The new commander of American forces in Baghdad plans to increase the number of local garrisons across the Iraqi capital even as US troop levels drop in the coming months.
Moving soldiers out of relatively safe bases and into Baghdad's dangerous streets was a key element in the counter- insurgency strategy implemented by the commander of US forces, General David Petraeus, when he arrived a year ago.
The tactic has been vital to the US military's goal of not just clearing neighbourhoods of militants but then holding them. Major-General Jeffery Hammond told foreign journalists on Tuesday that he had a total of 75 joint security stations and combat outposts in Baghdad and planned to add another dozen of each from now until June.
US forces live and operate with Iraqi forces in such garrisons. "I'm extending our reach even further than what it is now to be less predictable and to push ourselves into locations where maybe in the past we didn't go before," Hammond said. "I don't want there to be any place in Baghdad where al Qaeda or anyone else can start to take hold because we've ignored that particular (area)."

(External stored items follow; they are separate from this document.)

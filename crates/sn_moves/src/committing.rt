//! The moves of a commit of a device.

ghost use Rattle.std.specs.Prelude.{◌≡◌, ◌++◌, ◌∷◌, [], IfOk, None, OnOk};
ghost use Rattle.std.specs.List.{flat_map};
ghost use Rattle.sn_laws.specs.declared.ideal.Content.TheVariants as content;
ghost use Rattle.sn_laws.specs.declared.moves.Move.TheVariants.{Edit, Join};
ghost use Rattle.sn_row_map.specs.RowMaps.{row_in};
ghost use Rattle.sn_moves.specs.Commits.{change_moved, deletion_of, edit_of, is_unknown, item_moved, moves_of};

use crate::done::Done;
use crate::drafts::{answered, item_at, push_said};
use sn_laws::{Content, Move};
use sn_row_map::RowMap;
use sn_rows::{Change, LocalItem};
use sn_string::{OwnedList, Text, TryClone};
use std::alloc::{AllocError, Global};
use uuid::Uuid;

/// The moves of a commit of the device of this name: `rows` are those before it, and `changes` its batch.
pub fn moves_of(
    alloc: Global,
    rows: &RowMap,
    name: &Text,
    done: &Done,
    changes: &[Change],
) -> Result<OwnedList<Move>, AllocError>
    ensures { IfOk result (λ moves. moves ≡ moves_of (row_in rows.now) name.now done.now changes.now) }
{
    match done {
        Done::Begins { identifier, number } => joined(alloc, name, identifier, *number),
        Done::Renews => Ok(OwnedList::new(alloc)),
        Done::Puts { uuid, kind, text } => put(alloc, name, *uuid, kind, text),
        Done::Edits { .. } | Done::Deletes | Done::Posts => {
            items_moved(alloc, rows, name, done, changes)
        }
        Done::Applies { foreign } => answered(alloc, rows, name, foreign.as_slice(), changes),
    }
}

// The device took up its account, with the set of this number.
fn joined(
    alloc: Global,
    name: &Text,
    identifier: &Text,
    number: u64,
) -> Result<OwnedList<Move>, AllocError>
    ensures { IfOk result (λ moves. moves ≡ Join name.now identifier.now number ∷ []) }
{
    let mut moves = OwnedList::new(alloc);
    moves.push(Move::Join {
        device: name.try_clone(alloc)?,
        identifier: identifier.try_clone(alloc)?,
        number,
    })?;
    Ok(moves)
}

// A new item.
fn put(
    alloc: Global,
    name: &Text,
    uuid: Uuid,
    kind: &Text,
    text: &Text,
) -> Result<OwnedList<Move>, AllocError>
    ensures { IfOk result (λ moves. moves ≡ Edit name.now uuid kind.now None (content.Plain text.now) ∷ []) }
{
    let mut moves = OwnedList::new(alloc);
    moves.push(Move::Edit {
        device: name.try_clone(alloc)?,
        uuid,
        kind: kind.try_clone(alloc)?,
        base: None,
        latest: Content::Plain(text.try_clone(alloc)?),
    })?;
    Ok(moves)
}

// The moves of items whose rows are changed.
fn items_moved(
    alloc: Global,
    rows: &RowMap,
    name: &Text,
    done: &Done,
    changes: &[Change],
) -> Result<OwnedList<Move>, AllocError>
    ensures { IfOk result (λ moves. moves ≡ flat_map (change_moved (row_in rows.now) name.now done.now) changes.now) }
{
    let mut moves = OwnedList::new(alloc);
    'changes: for change in changes {
        push_change(alloc, &mut moves, rows, name, done, change)?;
    }
    Ok(moves)
}

// Adds the move of a change, if it has one.
fn push_change(
    alloc: Global,
    moves: &mut OwnedList<Move>,
    rows: &RowMap,
    name: &Text,
    done: &Done,
    change: &Change,
) -> Result<(), AllocError>
    ensures { OnOk result (moves.new ≡ moves.old ++ change_moved (row_in rows.now) name.now done.now change.now) }
{
    let key = change.key();
    let Some(item) = item_at(&key, rows.get(&key)) else {
        return Ok(());
    };
    let said = item_moved(alloc, name, done, item)?;
    push_said(moves, said)
}

// The move of an item, by its row before.
fn item_moved(
    alloc: Global,
    name: &Text,
    done: &Done,
    item: &LocalItem,
) -> Result<Option<Move>, AllocError>
    ensures { IfOk result (λ said. said ≡ item_moved name.now done.now item.now) }
{
    match done {
        Done::Edits { text } => {
            let latest = Content::Plain(text.try_clone(alloc)?);
            Ok(Some(edit_of(alloc, name, latest, item)?))
        }
        Done::Deletes => Ok(Some(deletion_of(alloc, name, item)?)),
        Done::Posts => Ok(Some(Move::Post {
            device: name.try_clone(alloc)?,
            uuid: item.uuid,
        })),
        _ => Ok(None),
    }
}

fn edit_of(
    alloc: Global,
    name: &Text,
    latest: Content,
    item: &LocalItem,
) -> Result<Move, AllocError>
    ensures { IfOk result (λ said. said ≡ edit_of name.now latest item.now) }
{
    Ok(Move::Edit {
        device: name.try_clone(alloc)?,
        uuid: item.uuid,
        kind: item.kind.try_clone(alloc)?,
        base: item.base,
        latest,
    })
}

fn deletion_of(alloc: Global, name: &Text, item: &LocalItem) -> Result<Move, AllocError>
    ensures { IfOk result (λ said. said ≡ deletion_of name.now item.now) }
{
    if !is_unknown(item) {
        return edit_of(alloc, name, Content::Deleted, item);
    }
    Ok(Move::Drop {
        device: name.try_clone(alloc)?,
        uuid: item.uuid,
    })
}

// Whether no server knows of the item.
fn is_unknown(item: &LocalItem) -> bool
    ensures { result ≡ is_unknown item.now }
{
    item.base.is_none() && item.posted.is_none()
}
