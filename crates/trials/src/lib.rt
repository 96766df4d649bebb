// Document 01's proved cases, examples that meet the premises of the demands, and boards that break them. There is nothing to run.

#![tactic(auto)]
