//! Lines as they are read, and replies and reports as they are written. The crate has no code of its own.
#![tactic(auto)]

#[cfg(test)]
mod lines;
#[cfg(test)]
mod replies;
#[cfg(test)]
mod reports;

Hammond said at least two joint security stations were being set up now in Baghdad where he believed there was an al Qaeda "nerve". He declined to give the location. The US military calls Sunni Islamist al Qaeda the greatest threat to peace in Iraq. US commanders have previously said there was no place in Baghdad where al Qaeda had a foothold.
Most of the 30,000 extra troops sent to Iraq last year were deployed in Baghdad, which was the epicentre of sectarian bloodletting between majority Shi'ites and minority Sunni Arabs in 2006 and early 2007. Hammond, who assumed his post last month, described the change in the city's security conditions as "remarkable".